Task requirements:
Count the lines holding the string "each" in the records, and give only the count.

Data for this exercise:
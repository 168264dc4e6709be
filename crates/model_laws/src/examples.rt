//! Worked examples of the definitions, each the contract of a function with an empty body and proved by
//! computing. The values were worked out by hand from the format, or by
//! another program where SHA-256 gives them; none by this one.

pub mod attributes;
pub mod draws;
pub mod edges;
pub mod formats;
pub mod grammar;
pub mod ranges;
pub mod scripts;
pub mod tables;
pub mod versions;
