//! Why a call on sessions gave no answer.

ghost use Rattle.std.specs.Prelude.{◌≡◌};
ghost use Rattle.session_core.specs.declared.fault.SessionFault.TheVariants as faults;

use std::alloc::AllocFailed;
use store_base::NoMemory;
use store_core::ApplyFault;
use thiserror::Error;

/// Why a call on sessions gave no answer. The sessions are as they were. Of the first four a call answers the first
/// that holds, and it answers these before `Disk` or `NoMemory`.
#[derive(Clone, Copy, Debug, PartialEq, Eq, Error)]
pub enum SessionFault {
    /// The store is stopped, and nothing was called.
    #[error("the store is stopped")]
    Stopped,
    /// 64 sessions are live, the most there may be.
    #[error("too many sessions")]
    Crowded,
    /// No live session has the number.
    #[error("no such session")]
    Unknown,
    /// The session has 64 questions, or 64 changes, the most it may have.
    #[error("too many questions or changes")]
    Many,
    /// The disk failed. The store is stopped where that came at a write or a sync, or after one.
    #[error("the disk failed")]
    Disk,
    /// Memory ran out. Nothing was written.
    #[error("out of memory")]
    NoMemory,
}

impl From<ApplyFault> for SessionFault {
    ghost use Rattle.session_core.specs.SessionCalls.{session_fault_of};

    ghost from_gives = { λ cause fault. fault ≡ session_fault_of cause };

    fn from(fault: ApplyFault) -> Self {
        match fault {
            ApplyFault::Disk => SessionFault::Disk,
            ApplyFault::NoMemory => SessionFault::NoMemory,
            ApplyFault::Stopped => SessionFault::Stopped,
        }
    }
}

impl From<NoMemory> for SessionFault {
    ghost from_gives = { λ _ fault. fault ≡ faults.NoMemory };

    fn from(_: NoMemory) -> Self {
        SessionFault::NoMemory
    }
}

impl<T: Drop> From<AllocFailed<T>> for SessionFault {
    ghost from_gives = { λ _ fault. fault ≡ faults.NoMemory };

    fn from(_: AllocFailed<T>) -> Self {
        SessionFault::NoMemory
    }
}
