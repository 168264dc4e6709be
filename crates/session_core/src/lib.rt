//! Sessions over a store. A session asks questions and stages changes. Its commit carries out all of these changes or
//! none, and only where its questions still have the answers that they had.
//!
//! Start at `Sessions`. At most 64 sessions are live at a time, each under a number. A question sees the tree as it
//! was last committed, and not what its session staged. Nothing but a commit writes to the disk.
#![tactic(auto)]

mod commit;
mod committed;
mod fault;
mod law;
mod live;
mod notes;
mod sessions;

pub use committed::Committed;
pub use fault::SessionFault;
pub use law::every_history_is_serial;
pub use sessions::Sessions;
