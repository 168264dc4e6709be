//! Laws of the definitions, each the contract of a function with an empty body: what a reader would
//! expect of them, proved for all values.

pub mod attributes;
pub mod images;
pub mod page_maps;
pub mod pages;
pub mod pairs;
pub mod paths;
pub mod placement;
pub mod scripts;
pub mod trees;
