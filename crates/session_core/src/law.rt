//! The law of sessions, over every history.

ghost use Rattle.store_model.specs.Parameters.{Parameters};
ghost use Rattle.store_model.specs.Trees.{Tree};
ghost use Rattle.std.specs.Prelude.{List};
ghost use Rattle.session_core.specs.Machine.{Event};
ghost use Rattle.session_core.specs.Traces.{IsSerial};

/// In every history of calls on sessions, faults, crashes and attachments, the tree is that of one serial run of the
/// groups committed, in the order of their commits. Each group is in it whole or not at all, each whose commit was
/// answered `Ok` is in it, and each question of such a group has, on the tree just before the group, the answer that
/// it had when it was asked.
pub fn every_history_is_serial()
    ensures law { (p : Parameters) (t : Tree) (events : List Event) → IsSerial p t events }
{}
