//! The halves of a program as C text, for people.
#![tactic(auto)]

mod print;
mod weight;

pub use print::{print_monitor, print_slave};
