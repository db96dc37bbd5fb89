// The halves as text, printed item by item: no more than one item's tree is in memory.
ghost use Rattle.std.specs.Prelude.{◌≡◌, IfOk, IsTrue, OnOk, length, map};
ghost use Rattle.std.specs.List.{range_with_len};
ghost use Rattle.pt_core.specs.CodeTree.{view_monitor, view_slave};
ghost use Rattle.pt_core.specs.WellFormed.{is_well_formed_monitor, is_well_formed_slave};
ghost use Rattle.c_printer.specs.Items.{text_of};
ghost use Rattle.c_printer.specs.ReadsBack.{ReadsBack};
ghost use Rattle.half_trees.specs.Declarations as declared;
ghost use Rattle.half_trees.specs.Functions as functions;
ghost use Rattle.half_trees.specs.Halves as halves;
ghost use Rattle.half_trees.specs.Views.{view_half};
ghost use Rattle.split_text.specs.Texts.{monitor_text, printed, slave_text};

use crate::weight::is_too_large;
use c_printer::Sheet;
use c_printer_law::what_is_printed_reads_back;
use half_trees::Half;
use half_trees_law::{monitor_trees_are_plain, slave_trees_are_plain};
use pt_core::{MonitorProgram, SlaveProgram};
use std::alloc::{AllocError, Global};

const SLAVE: &[u8] = b"The slave's half. What is privileged the monitor does for it.";

const MONITOR: &[u8] =
    b"The monitor's half. It does what is privileged, when the slave asks for it.";

// Prints the structs.
fn print_structs(alloc: Global, half: &Half<'_>, sheet: &mut Sheet) -> Result<(), AllocError>
    ensures { OnOk result (sheet.new ≡ printed (map (declared.struct_item (view_half half.now).structs) (range_with_len 0 (length (view_half half.now).structs))) sheet.old) }
{
    for n in 0..half.structs.len() {
        let item = half.struct_item(alloc, n)?;
        sheet.print_item(&item)?;
    }
    Ok(())
}

// Prints the prototypes.
fn print_prototypes(alloc: Global, half: &Half<'_>, sheet: &mut Sheet) -> Result<(), AllocError>
    ensures { OnOk result (sheet.new ≡ printed (map (halves.prototype_of half.now.monitor (view_half half.now)) (view_half half.now).signatures) sheet.old) }
{
    for entry in half.signatures {
        let item = half.prototype_item(alloc, entry.0, &entry.1)?;
        sheet.print_item(&item)?;
    }
    Ok(())
}

// Prints the globals.
fn print_globals(alloc: Global, half: &Half<'_>, sheet: &mut Sheet) -> Result<(), AllocError>
    ensures { OnOk result (sheet.new ≡ printed (map (declared.global_item (view_half half.now).structs) (view_half half.now).globals) sheet.old) }
{
    for global in half.globals {
        let item = half.global_item(alloc, global)?;
        sheet.print_item(&item)?;
    }
    Ok(())
}

// Prints the functions.
fn print_functions(alloc: Global, half: &Half<'_>, sheet: &mut Sheet) -> Result<(), AllocError>
    ensures { OnOk result (sheet.new ≡ printed (map (functions.function_item (view_half half.now)) (view_half half.now).functions) sheet.old) }
{
    for function in half.functions {
        let item = half.function_item(alloc, function)?;
        sheet.print_item(&item)?;
    }
    Ok(())
}

// Prints all items of a half behind a heading.
fn print_half(alloc: Global, half: &Half<'_>, heading: &[u8]) -> Result<Vec<u8>, AllocError>
    ensures { IfOk result (λ text. text.items ≡ text_of heading.now (halves.half_tree half.now.monitor (view_half half.now))) }
{
    let mut sheet = Sheet::new(alloc, heading)?;
    print_structs(alloc, half, &mut sheet)?;
    print_prototypes(alloc, half, &mut sheet)?;
    print_globals(alloc, half, &mut sheet)?;
    print_functions(alloc, half, &mut sheet)?;
    sheet.finish()
}

/// The text of the slave's half. Of a well formed program it reads back: the relations of tokens and
/// grammar, which have no limits, join it to the half's tree, positions aside. Beside the text it takes
/// memory for one item at a time; time grows with the text. Statements that are nested take stack.
///
/// # Errors
///
/// Want of memory, also where clearing the half's variables would take more than some 2 GiB.
pub fn print_slave(alloc: Global, program: &SlaveProgram) -> Result<Vec<u8>, AllocError>
    ensures text { IfOk result (λ text. text.items ≡ slave_text (view_slave program.now)) }
    ensures reads_back { IsTrue (is_well_formed_slave (view_slave program.now)) → IfOk result (λ text. ReadsBack text.items (halves.slave_tree (view_slave program.now))) }
{
    what_is_printed_reads_back();
    slave_trees_are_plain();
    if is_too_large(alloc, program.structs.as_slice(), &program.functions)? {
        return Err(AllocError);
    }
    let half = Half::of_slave(alloc, program)?;
    print_half(alloc, &half, SLAVE)
}

/// The text of the monitor's half, in the same way.
///
/// # Errors
///
/// Want of memory, also where clearing the half's variables would take more than some 2 GiB.
pub fn print_monitor(alloc: Global, program: &MonitorProgram) -> Result<Vec<u8>, AllocError>
    ensures text { IfOk result (λ text. text.items ≡ monitor_text (view_monitor program.now)) }
    ensures reads_back { IsTrue (is_well_formed_monitor (view_monitor program.now)) → IfOk result (λ text. ReadsBack text.items (halves.monitor_tree (view_monitor program.now))) }
{
    what_is_printed_reads_back();
    monitor_trees_are_plain();
    if is_too_large(alloc, program.structs.as_slice(), &program.functions)? {
        return Err(AllocError);
    }
    let half = Half::of_monitor(alloc, program)?;
    print_half(alloc, &half, MONITOR)
}
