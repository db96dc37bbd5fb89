// How much memory it takes to clear the variables of a half, an assignment for each integer: a short program
// may ask for more than any machine has.
use pt_core::CoreFn;
use pt_tree::Elem;
use std::alloc::{AllocError, Global};
use typed_tree::{Field, StructInfo, VarTy};

/// The bytes of an assignment, about.
const STORE: u64 = 512;

/// The bytes of a step to a field or an element, about.
const STEP: u64 = 64;

/// The most bytes that clearing may take.
const MOST: u64 = 1 << 31;

/// What the integers of an object weigh: how many there are, and the bytes of the steps to all of them.
#[derive(Clone, Copy)]
struct Weight {
    integers: u64,
    steps: u64,
}

/// No integer.
const NOTHING: Weight = Weight {
    integers: 0,
    steps: 0,
};

/// An integer alone.
const ONE: Weight = Weight {
    integers: 1,
    steps: 0,
};

impl Weight {
    // both
    fn and(self, other: Weight) -> Weight {
        Weight {
            integers: self.integers.saturating_add(other.integers),
            steps: self.steps.saturating_add(other.steps),
        }
    }

    // behind one more step of so many bytes
    fn behind(self, bytes: u64) -> Weight {
        Weight {
            integers: self.integers,
            steps: self
                .steps
                .saturating_add(self.integers.saturating_mul(bytes)),
        }
    }

    // so many times
    fn times(self, count: u64) -> Weight {
        Weight {
            integers: self.integers.saturating_mul(count),
            steps: self.steps.saturating_mul(count),
        }
    }

    // the bytes of an assignment to each
    fn bytes(self) -> u64 {
        self.integers
            .saturating_mul(STORE)
            .saturating_add(self.steps)
    }
}

fn element_weight(known: &[Weight], elem: Elem) -> Weight {
    match elem {
        Elem::Int(_) => ONE,
        Elem::Struct(n) => known.get(n as usize).copied().unwrap_or(NOTHING),
    }
}

fn object_weight(known: &[Weight], ty: VarTy) -> Weight {
    match ty {
        VarTy::Int(_) => ONE,
        VarTy::Struct(n) => element_weight(known, Elem::Struct(n)),
        VarTy::Array { elem, count } => {
            element_weight(known, elem)
                .behind(STEP)
                .times(u64::from(count))
        }
        VarTy::Pointer { .. } => ONE,
    }
}

fn field_weight(known: &[Weight], field: &Field) -> Weight {
    let name = field.name.as_slice().len() as u64;
    object_weight(known, field.ty).behind(name.saturating_mul(2).saturating_add(STEP))
}

fn struct_weight(known: &[Weight], info: &StructInfo) -> Weight {
    let mut sum = NOTHING;
    for field in info.fields.as_slice() {
        sum = sum.and(field_weight(known, field));
    }
    sum
}

// what each struct weighs
fn weights(alloc: Global, structs: &[StructInfo]) -> Result<Vec<Weight>, AllocError> {
    let mut known = Vec::with_capacity(alloc, structs.len())?;
    for info in structs {
        let weight = struct_weight(&known, info);
        known.push(weight)?;
    }
    Ok(known)
}

/// Whether clearing each variable of these functions once takes too much memory.
pub(crate) fn is_too_large(
    alloc: Global,
    structs: &[StructInfo],
    functions: &[CoreFn],
) -> Result<bool, AllocError> {
    let known = weights(alloc, structs)?;
    let mut sum: u64 = 0;
    for function in functions {
        for var in function.vars.as_slice() {
            sum = sum.saturating_add(object_weight(&known, var.ty).bytes());
        }
    }
    Ok(sum > MOST)
}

Result of the exercise:
9